The rest of this CD is worth investigation and is always beautifully done. In fact I think that in the three discs ‘The Clerk’s Group’ have made for Signum they are at their most consistently good. (I could heartily recommend their disc of Machaut isorhythmic motets on Signum D011) The balance of light and dark in this music is important. A light touch in the top part as the lyrical lines weave and echo across the text and a creamy dark quality to the sustained lines in the tenors and basses. These are carried off with character and understanding.

At the top of this review I mention paired Mass movements. The 1420s and 1430s were not quite yet a time when composers produced complete Mass cycles, although Machaut had done just that in the 1360s. Generally a Gloria and Credo would go together for example each with a similar head motif or opening melody or harmonic pattern. The booklet notes by Edward Wickham, which are too general, and comment only on some of the pieces do not mention this. Even a moment’s hearing of the opening of these movements will quickly give the listener an understanding of this technique. The Sanctus and Agnus are similarly linked.

Of the other works ‘Inclita stella maris’ is an oddity. Its lower parts are untexted and apparently one is not even necessary, some groups would perform them instrumentally. Wickham has them sung to an unobtrusive vowel sound - a technique also employed by Gothic Voices. The text is passed between to top two lines in mensural canon, the effect of which is that neither part has the same rhythm but both have the same melody. The ‘Gloria Spiritus et alme’ is a Pentecostal troped text. The music seems to stretch back to an earlier generation and to me does not seem to sound like Dufay. There is also another work to ‘St.Sebastiane’ that is the free and flowing three-part motet ‘O beate Sebastiane’, which seems to be more like a song than a motet.

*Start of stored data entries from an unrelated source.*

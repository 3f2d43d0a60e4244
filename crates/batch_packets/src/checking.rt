//! Batches that are judged, and taken request by request, where they lie.
ghost use Rattle.std.specs.Prelude.{◌≡◌, ◌≤◌, ◌↔◌, ◌+◌, ◌∷◌, ◌++◌, ℕ, List, length, IsTrue, IsOk, IfOk, OnOk};
ghost use Rattle.batch_packets.specs.declared.header.TheConstants.{HEADER_LEN, MAX_DATAGRAM_LEN_V2};
ghost use Rattle.batch_packets.specs.declared.batch.Request.{Request};
ghost use Rattle.batch_packets.specs.declared.batch.Batch.{Batch};
ghost use Rattle.batch_packets.specs.Faults.{AnswersExactly};
ghost use Rattle.batch_packets.specs.Datagram.{is_version, max_datagram_len, first_fault};
ghost use Rattle.batch_packets.specs.BatchGrammar.{IsRequest, SpellsBatch, batch_kind, request_text};
ghost use Rattle.batch_packets.specs.Remaining.{HasLeft};

use crate::batch::Want;
use crate::header::Header;
use crate::item::{Item, check_datagram, next_item};
use crate::{BatchFault, Request};
use mica_words::key_fits;
use outside::{Bytes, NoMemory};
use std::alloc::Global;
use std::marker::Model;

/// A request whose texts lie in the bytes of its batch. Clauses see it as the request.
#[derive(Drop)]
pub struct RequestRef<'a> {
    want: Want,
    ticket: u32,
    key: &'a [u8],
    value: &'a [u8],
}

impl<'a> Model for RequestRef<'a> {
    ghost use Rattle.batch_packets.specs.declared.batch.Request.{Request};

    ghost Value = { Request };

    ghost view = { λ r. record { want = r.want; ticket = r.ticket; key = r.key.now; value = r.value.now } };
}

impl<'a> RequestRef<'a> {
    /// A request that lends its key and its value.
    pub fn new(want: Want, ticket: u32, key: &'a [u8], value: &'a [u8]) -> RequestRef<'a>
        ensures { result ≡ record { want = want; ticket = ticket; key = key.now; value = value.now } }
    {
        RequestRef {
            want,
            ticket,
            key,
            value,
        }
    }

    /// What is asked for.
    pub fn want(&self) -> Want
        ensures { result ≡ self.now.want }
    {
        self.want
    }

    /// The ticket that the reply repeats.
    pub fn ticket(&self) -> u32
        ensures { result ≡ self.now.ticket }
    {
        self.ticket
    }

    /// The key, which the batch's bytes lend.
    pub fn key(&self) -> &'a [u8]
        ensures { result.now ≡ self.now.key }
    {
        self.key
    }

    /// The value, which is empty where none is sent.
    pub fn value(&self) -> &'a [u8]
        ensures { result.now ≡ self.now.value }
    {
        self.value
    }

    /// The request with texts of its own.
    pub fn to_request(&self, alloc: Global) -> Result<Request, NoMemory>
        ensures { IfOk result (λ request. request ≡ self.now) }
    {
        Ok(Request {
            want: self.want,
            ticket: self.ticket,
            key: Bytes::copy(alloc, self.key)?,
            value: Bytes::copy(alloc, self.value)?,
        })
    }

    /// Whether a batch of this version may have it.
    pub fn is_of(&self, version: u8) -> bool
        ensures { IsTrue result ↔ IsRequest version self.now }
    {
        self.want.is_of(version)
            && key_fits(self.key)
            && self.value.len() <= self.want.longest_value(version)
    }

    /// How many bytes its text has. One request always fits a datagram.
    #[tactic(auto, unfolding(crate::specs::BatchGrammar::request_text))]
    pub fn text_len(&self) -> usize
        requires { (version : ℕ) × IsRequest version self.now }
        ensures size { result ≡ length (request_text self.now) }
        ensures fits { (version : ℕ) → IsTrue (is_version version) → IsRequest version self.now
            → HEADER_LEN + result ≤ max_datagram_len version }
        ensures short { HEADER_LEN + result ≤ MAX_DATAGRAM_LEN_V2 }
    {
        8 + self.key.len() + self.value.len()
    }

    /// Appends its text.
    #[tactic(auto, unfolding(crate::specs::BatchGrammar::request_text))]
    pub(crate) fn put(&self, out: &mut Vec<u8>) -> Result<(), NoMemory>
        requires { (version : ℕ) × IsRequest version self.now }
        ensures { OnOk result (out.new.items ≡ out.old.items ++ request_text self.now) }
    {
        let [v0, v1] = (self.value.len() as u16).to_le_bytes();
        let [t0, t1, t2, t3] = self.ticket.to_le_bytes();
        let operation = self.want.byte();
        let key_len = self.key.len() as u8;
        out.extend_from_slice(&[operation, key_len, v0, v1, t0, t1, t2, t3])?;
        out.extend_from_slice(self.key)?;
        out.extend_from_slice(self.value)?;
        Ok(())
    }
}

impl<'a> Item<'a> for RequestRef<'a> {
    ghost use Rattle.batch_packets.specs.BatchGrammar.{IsRequest, IsInRange, request_text, batch_magic, batch_kind};

    ghost kind = { batch_kind };

    ghost text = { request_text };

    ghost is_item = { IsRequest };

    ghost is_in_range = { IsInRange };

    fn magic() -> [u8; 4]
        ensures { result ≡ batch_magic }
    {
        *b"MICA"
    }

    #[tactic(auto, unfolding(crate::specs::BatchGrammar::request_text))]
    fn read(version: u8, from: &'a [u8]) -> Result<(RequestRef<'a>, &'a [u8]), BatchFault> {
        let [operation, key_len, v0, v1, t0, t1, t2, t3, texts @ ..] = from else {
            return Err(BatchFault::Short);
        };
        let Some(want) = Want::of(version, *operation) else {
            return Err(BatchFault::Op);
        };
        let key_len = usize::from(*key_len);
        let value_len = usize::from(u16::from_le_bytes([*v0, *v1]));
        if key_len == 0 || value_len > want.longest_value(version) {
            return Err(BatchFault::Length);
        }
        if texts.len() < key_len + value_len {
            return Err(BatchFault::Short);
        }
        let (key, after_key) = texts.split_at(key_len);
        let (value, rest) = after_key.split_at(value_len);
        let request = RequestRef {
            want,
            ticket: u32::from_le_bytes([*t0, *t1, *t2, *t3]),
            key,
            value,
        };
        Ok((request, rest))
    }
}

/// The requests of a batch that was judged, of which some may have been taken.
#[derive(Drop)]
pub struct Requests<'a> {
    version: u8,
    rest: &'a [u8],
}

impl<'a> Model for Requests<'a> {
    ghost use Rattle.std.specs.Prelude.{IsTrue};
    ghost use Rattle.batch_packets.specs.Datagram.{is_version};
    ghost use Rattle.batch_packets.specs.Remaining.{Remaining};

    ghost Value = { Remaining };

    ghost view = { λ r. record { version = r.version; bytes = r.rest.now } };

    ghost invariant = { λ r. IsTrue (is_version r.version) };
}

impl<'a> Requests<'a> {
    /// These requests, to be taken once more.
    pub fn again(&self) -> Requests<'a>
        ensures { result ≡ self.now }
    {
        Requests {
            version: self.version,
            rest: self.rest,
        }
    }

    /// Takes the next request.
    pub fn next_request(&mut self) -> RequestRef<'a>
        requires some { (request : Request) × (later : List Request) × HasLeft self.old (request ∷ later) }
        ensures version { self.new.version ≡ self.old.version }
        ensures taken { (request : Request) (later : List Request) → HasLeft self.old (request ∷ later)
            → (result ≡ request) × HasLeft self.new later }
    {
        let (request, rest) = next_item(self.version, self.rest);
        self.rest = rest;
        request
    }
}

/// Judges bytes as a batch, and gives its header and its requests. It takes no memory.
pub fn check_batch(from: &[u8]) -> Result<(Header, Requests), BatchFault>
    ensures batch { IfOk result (λ x. (requests : List Request)
        × SpellsBatch from.now (record { version = x.0.version; number = x.0.number; requests = requests })
        × (length requests ≡ x.0.count) × (x.1.version ≡ x.0.version) × HasLeft x.1 requests) }
    ensures fault { AnswersExactly (first_fault batch_kind from.now) result }
    // The text of a batch is one.
    ensures only { (batch : Batch) → SpellsBatch from.now batch → IsOk result }
{
    let (header, rest) = check_datagram::<RequestRef>(from)?;
    let requests = Requests {
        version: header.version,
        rest,
    };
    Ok((header, requests))
}
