//! Why bytes are no datagram of the kind that was asked for.
ghost use Rattle.std.specs.Prelude.{◌≡◌};

use outside::NoMemory;
use std::alloc::AllocError;
use std::error::Error;
use std::fmt;

/// Why bytes are no batch, or no replies.
#[derive(Clone, Copy, Debug, PartialEq, Eq)]
pub enum BatchFault {
    /// Fewer bytes than a header, an item or its texts need.
    Short,
    /// The first four bytes are others.
    Magic,
    /// There is no such version.
    Version,
    /// No items.
    Count,
    /// There is no such operation or status.
    Op,
    /// A datagram, a key or a value is longer or shorter than it may be.
    Length,
    /// Bytes stand after the last item.
    Trailing,
    NoMemory,
}

impl fmt::Display for BatchFault {
    fn fmt<W: fmt::Write>(&self, f: &mut fmt::Formatter<W>) -> fmt::Result {
        f.write_str(match self {
            BatchFault::Short => "too few bytes",
            BatchFault::Magic => "another magic",
            BatchFault::Version => "no such version",
            BatchFault::Count => "a count of 0",
            BatchFault::Op => "no such operation or status",
            BatchFault::Length => "a length that is not allowed",
            BatchFault::Trailing => "bytes after the last item",
            BatchFault::NoMemory => "out of memory",
        })
    }
}

impl Error for BatchFault {}

impl From<NoMemory> for BatchFault {
    ghost use Rattle.batch_packets.specs.declared.fault.BatchFault.TheVariants.{NoMemory};

    ghost from_gives = { λ _ e. e ≡ NoMemory };

    fn from(_: NoMemory) -> Self {
        BatchFault::NoMemory
    }
}

impl From<AllocError> for BatchFault {
    ghost use Rattle.batch_packets.specs.declared.fault.BatchFault.TheVariants.{NoMemory};

    ghost from_gives = { λ _ e. e ≡ NoMemory };

    fn from(_: AllocError) -> Self {
        BatchFault::NoMemory
    }
}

The variety in the work of any great composer is always a surprise. This CD brings us such surprises. If you have recordings of Dufay’s late, great Masses (for example ‘Ecce ancilla Domini’ on Virgin Veritas with the Ensemble Gilles Binchois 5 45050 2) then these young motets will appear to lack sobriety and decorum. But personally I prefer them to the more inward looking late Masses. On this CD they are given every chance to be appreciated as they were written on the original page.